■ EXERCISE OBJECTIVE ■
Each line below is to be copied out exactly, and none may be omitted.

******************************

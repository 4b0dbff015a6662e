//! Numbers for the vertices of a side.
ghost use Rattle.std.specs.Prelude.{◌≡◌, ℕ, ◌+◌, ◌^◌, ◌<◌, ◌≤◌, ◌++◌, ◌∷◌, [], None, nat_eq, if◌then◌else◌, length, slice_index, slice_set, vec_len, vec_capacity, IfOk, OnOk, OnErr};
ghost use Rattle.std.specs.HashMap.{get};
ghost use Rattle.gj_subgraph.specs.Masses.{with_vertex, vertices};
ghost use Rattle.gj_subgraph.specs.Numbers.{AreNumbers, ArePlaced, AreDegrees, AreNumbered};

use crate::vertices::Vertices;
use gj_base::Memory;
use gj_names::Names;
use std::alloc::Global;
use std::collections::HashMap;

/// More edges than any window has.
const MOST_EDGES: usize = 8_388_608;

/// Puts the value at the end.
pub fn push<T: Drop>(values: &mut Vec<T>, x: T) -> Result<(), Memory>
    ensures { OnOk result (values.new.items ≡ values.old.items ++ x ∷ []) }
{
    match values.push(x) {
        Ok(()) => Ok(()),
        Err(_) => Err(Memory),
    }
}

/// An empty list, with room for so many values.
pub fn with_room<T: Drop>(alloc: Global, room: usize) -> Result<Vec<T>, Memory>
    ensures empty { IfOk result (λ values. values.items ≡ []) }
    ensures room { IfOk result (λ values. room ≤ vec_capacity values) }
{
    match Vec::with_capacity(alloc, room) {
        Ok(values) => Ok(values),
        Err(_) => Err(Memory),
    }
}

/// Gives a new vertex the next number.
fn add_name(
    numbers: &mut HashMap<u64, usize>,
    names: &mut Vec<u64>,
    id: u64,
) -> Result<usize, Memory>
    requires numbers { AreNumbers numbers.old names.old.items }
    ensures numbers { OnOk result (AreNumbers numbers.new names.new.items) }
    ensures names { OnOk result (names.new.items ≡ names.old.items ++ id ∷ []) }
    ensures exact { IfOk result (λ n. n ≡ length names.old.items) }
{
    let number = names.len();
    push(names, id)?;
    match numbers.insert(id, number) {
        Ok(_) => Ok(number),
        Err(_) => Err(Memory),
    }
}

/// The number of the vertex, which is the next one where it has none yet.
pub fn number_of(
    numbers: &mut HashMap<u64, usize>,
    names: &mut Vec<u64>,
    id: u64,
) -> Result<usize, Memory>
    requires { AreNumbers numbers.old names.old.items }
    ensures numbers { OnOk result (AreNumbers numbers.new names.new.items) }
    ensures names { OnOk result (names.new.items ≡ with_vertex names.old.items id) }
    ensures in_range { IfOk result (λ n. n < length names.new.items) }
    ensures exact { IfOk result (λ n. slice_index names.new.items n ≡ id) }
{
    match numbers.get(&id).copied() {
        Some(number) => Ok(number),
        None => add_name(numbers, names, id),
    }
}

/// Room for the vertices of a side, of which there are no more than edges. A window has fewer than `MOST_EDGES`.
fn room_for(side: &[u64]) -> Result<u32, Memory>
    ensures { IfOk result (λ room. (length side.now ≤ room) × (1 ≤ room) × (room ≤ MOST_EDGES)) }
{
    let room = side.len().max(1);
    if room > MOST_EDGES {
        return Err(Memory);
    }
    Ok(room as u32)
}

/// The identifiers as a list.
fn listed(alloc: Global, names: &Names) -> Result<Vec<u64>, Memory>
    ensures { IfOk result (λ ids. ids.items ≡ names.now.ids) }
{
    let mut ids = with_room(alloc, names.len() as usize)?;
    for v in 0..names.len() {
        push(&mut ids, names.id_of(v))?;
    }
    Ok(ids)
}

/// The vertices of the side, each once, and for each edge the number of its vertex among them.
fn places_of(alloc: Global, side: &[u64]) -> Result<(Vec<u64>, Vec<u32>), Memory>
    ensures few { IfOk result (λ r. length side.now ≤ MOST_EDGES) }
    ensures names { IfOk result (λ r. r.0.items ≡ vertices side.now) }
    ensures places { IfOk result (λ r. ArePlaced side.now r.0.items r.1.items) }
{
    let mut names = Names::new(alloc, room_for(side)?)?;
    let mut places = with_room(alloc, side.len())?;
    for id in side {
        push(&mut places, names.put(*id))?;
    }
    let ids = listed(alloc, &names)?;
    Ok((ids, places))
}

/// As many zeros.
pub fn zeros(alloc: Global, n: usize) -> Result<Vec<u32>, Memory>
    ensures len { IfOk result (λ v. length v.items ≡ n) }
    ensures zero { IfOk result (λ v. (u : ℕ) → slice_index v.items u ≡ 0) }
{
    match vec![in alloc; 0; n] {
        Ok(v) => Ok(v),
        Err(_) => Err(Memory),
    }
}

/// Adds to the number at a place.
pub fn add(values: &mut Vec<u32>, at: usize, x: u32)
    requires in_range { at < length values.old.items }
    requires fits { slice_index values.old.items at + x < 2 ^ 32 }
    ensures { values.new.items ≡ slice_set values.old.items at (slice_index values.old.items at + x) }
{
    values[at] += x;
}

/// How many edges each vertex has.
fn degrees_of(
    alloc: Global,
    side: &[u64],
    names: &[u64],
    places: &[u32],
) -> Result<Vec<u32>, Memory>
    requires few { length side.now ≤ MOST_EDGES }
    requires names { names.now ≡ vertices side.now }
    requires places { ArePlaced side.now names.now places.now }
    ensures { IfOk result (λ degrees. AreDegrees side.now names.now degrees.items) }
{
    let mut degrees = zeros(alloc, names.len())?;
    for i in 0..places.len() {
        add(&mut degrees, places[i] as usize, 1);
    }
    Ok(degrees)
}

/// The side's vertices by numbers.
pub fn numbered(alloc: Global, side: Vec<u64>) -> Result<Vertices, Memory>
    ensures side { IfOk result (λ v. v.side.items ≡ side.items) }
    ensures numbered { IfOk result AreNumbered }
{
    let (names, places) = places_of(alloc, &side)?;
    let degrees = degrees_of(alloc, &side, &names, &places)?;
    Ok(Vertices {
        side,
        names,
        degrees,
        places,
    })
}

******************************

■ YOUR SOLUTION ■
repository 4b0dbff015a6662e
//! Numbers for the vertices of a side.
ghost use Rattle.std.specs.Prelude.{◌≡◌, ℕ, ◌+◌, ◌^◌, ◌<◌, ◌≤◌, ◌++◌, ◌∷◌, [], None, nat_eq, if◌then◌else◌, length, slice_index, slice_set, vec_len, vec_capacity, IfOk, OnOk, OnErr};
ghost use Rattle.std.specs.HashMap.{get};
ghost use Rattle.gj_subgraph.specs.Masses.{with_vertex, vertices};
ghost use Rattle.gj_subgraph.specs.Numbers.{AreNumbers, ArePlaced, AreDegrees, AreNumbered};

use crate::vertices::Vertices;
use gj_base::Memory;
use gj_names::Names;
use std::alloc::Global;
use std::collections::HashMap;

/// More edges than any window has.
const MOST_EDGES: usize = 8_388_608;

/// Puts the value at the end.
pub fn push<T: Drop>(values: &mut Vec<T>, x: T) -> Result<(), Memory>
    ensures { OnOk result (values.new.items ≡ values.old.items ++ x ∷ []) }
{
    match values.push(x) {
        Ok(()) => Ok(()),
        Err(_) => Err(Memory),
    }
}

/// An empty list, with room for so many values.
pub fn with_room<T: Drop>(alloc: Global, room: usize) -> Result<Vec<T>, Memory>
    ensures empty { IfOk result (λ values. values.items ≡ []) }
    ensures room { IfOk result (λ values. room ≤ vec_capacity values) }
{
    match Vec::with_capacity(alloc, room) {
        Ok(values) => Ok(values),
        Err(_) => Err(Memory),
    }
}

/// Gives a new vertex the next number.
fn add_name(
    numbers: &mut HashMap<u64, usize>,
    names: &mut Vec<u64>,
    id: u64,
) -> Result<usize, Memory>
    requires numbers { AreNumbers numbers.old names.old.items }
    ensures numbers { OnOk result (AreNumbers numbers.new names.new.items) }
    ensures names { OnOk result (names.new.items ≡ names.old.items ++ id ∷ []) }
    ensures exact { IfOk result (λ n. n ≡ length names.old.items) }
{
    let number = names.len();
    push(names, id)?;
    match numbers.insert(id, number) {
        Ok(_) => Ok(number),
        Err(_) => Err(Memory),
    }
}

/// The number of the vertex, which is the next one where it has none yet.
pub fn number_of(
    numbers: &mut HashMap<u64, usize>,
    names: &mut Vec<u64>,
    id: u64,
) -> Result<usize, Memory>
    requires { AreNumbers numbers.old names.old.items }
    ensures numbers { OnOk result (AreNumbers numbers.new names.new.items) }
    ensures names { OnOk result (names.new.items ≡ with_vertex names.old.items id) }
    ensures in_range { IfOk result (λ n. n < length names.new.items) }
    ensures exact { IfOk result (λ n. slice_index names.new.items n ≡ id) }
{
    match numbers.get(&id).copied() {
        Some(number) => Ok(number),
        None => add_name(numbers, names, id),
    }
}

/// Room for the vertices of a side, of which there are no more than edges. A window has fewer than `MOST_EDGES`.
fn room_for(side: &[u64]) -> Result<u32, Memory>
    ensures { IfOk result (λ room. (length side.now ≤ room) × (1 ≤ room) × (room ≤ MOST_EDGES)) }
{
    let room = side.len().max(1);
    if room > MOST_EDGES {
        return Err(Memory);
    }
    Ok(room as u32)
}

/// The identifiers as a list.
fn listed(alloc: Global, names: &Names) -> Result<Vec<u64>, Memory>
    ensures { IfOk result (λ ids. ids.items ≡ names.now.ids) }
{
    let mut ids = with_room(alloc, names.len() as usize)?;
    for v in 0..names.len() {
        push(&mut ids, names.id_of(v))?;
    }
    Ok(ids)
}

/// The vertices of the side, each once, and for each edge the number of its vertex among them.
fn places_of(alloc: Global, side: &[u64]) -> Result<(Vec<u64>, Vec<u32>), Memory>
    ensures few { IfOk result (λ r. length side.now ≤ MOST_EDGES) }
    ensures names { IfOk result (λ r. r.0.items ≡ vertices side.now) }
    ensures places { IfOk result (λ r. ArePlaced side.now r.0.items r.1.items) }
{
    let mut names = Names::new(alloc, room_for(side)?)?;
    let mut places = with_room(alloc, side.len())?;
    for id in side {
        push(&mut places, names.put(*id))?;
    }
    let ids = listed(alloc, &names)?;
    Ok((ids, places))
}

/// As many zeros.
pub fn zeros(alloc: Global, n: usize) -> Result<Vec<u32>, Memory>
    ensures len { IfOk result (λ v. length v.items ≡ n) }
    ensures zero { IfOk result (λ v. (u : ℕ) → slice_index v.items u ≡ 0) }
{
    match vec![in alloc; 0; n] {
        Ok(v) => Ok(v),
        Err(_) => Err(Memory),
    }
}

/// Adds to the number at a place.
pub fn add(values: &mut Vec<u32>, at: usize, x: u32)
    requires in_range { at < length values.old.items }
    requires fits { slice_index values.old.items at + x < 2 ^ 32 }
    ensures { values.new.items ≡ slice_set values.old.items at (slice_index values.old.items at + x) }
{
    values[at] += x;
}

/// How many edges each vertex has.
fn degrees_of(
    alloc: Global,
    side: &[u64],
    names: &[u64],
    places: &[u32],
) -> Result<Vec<u32>, Memory>
    requires few { length side.now ≤ MOST_EDGES }
    requires names { names.now ≡ vertices side.now }
    requires places { ArePlaced side.now names.now places.now }
    ensures { IfOk result (λ degrees. AreDegrees side.now names.now degrees.items) }
{
    let mut degrees = zeros(alloc, names.len())?;
    for i in 0..places.len() {
        add(&mut degrees, places[i] as usize, 1);
    }
    Ok(degrees)
}

/// The side's vertices by numbers.
pub fn numbered(alloc: Global, side: Vec<u64>) -> Result<Vertices, Memory>
    ensures side { IfOk result (λ v. v.side.items ≡ side.items) }
    ensures numbered { IfOk result AreNumbered }
{
    let (names, places) = places_of(alloc, &side)?;
    let degrees = degrees_of(alloc, &side, &names, &places)?;
    Ok(Vertices {
        side,
        names,
        degrees,
        places,
    })
}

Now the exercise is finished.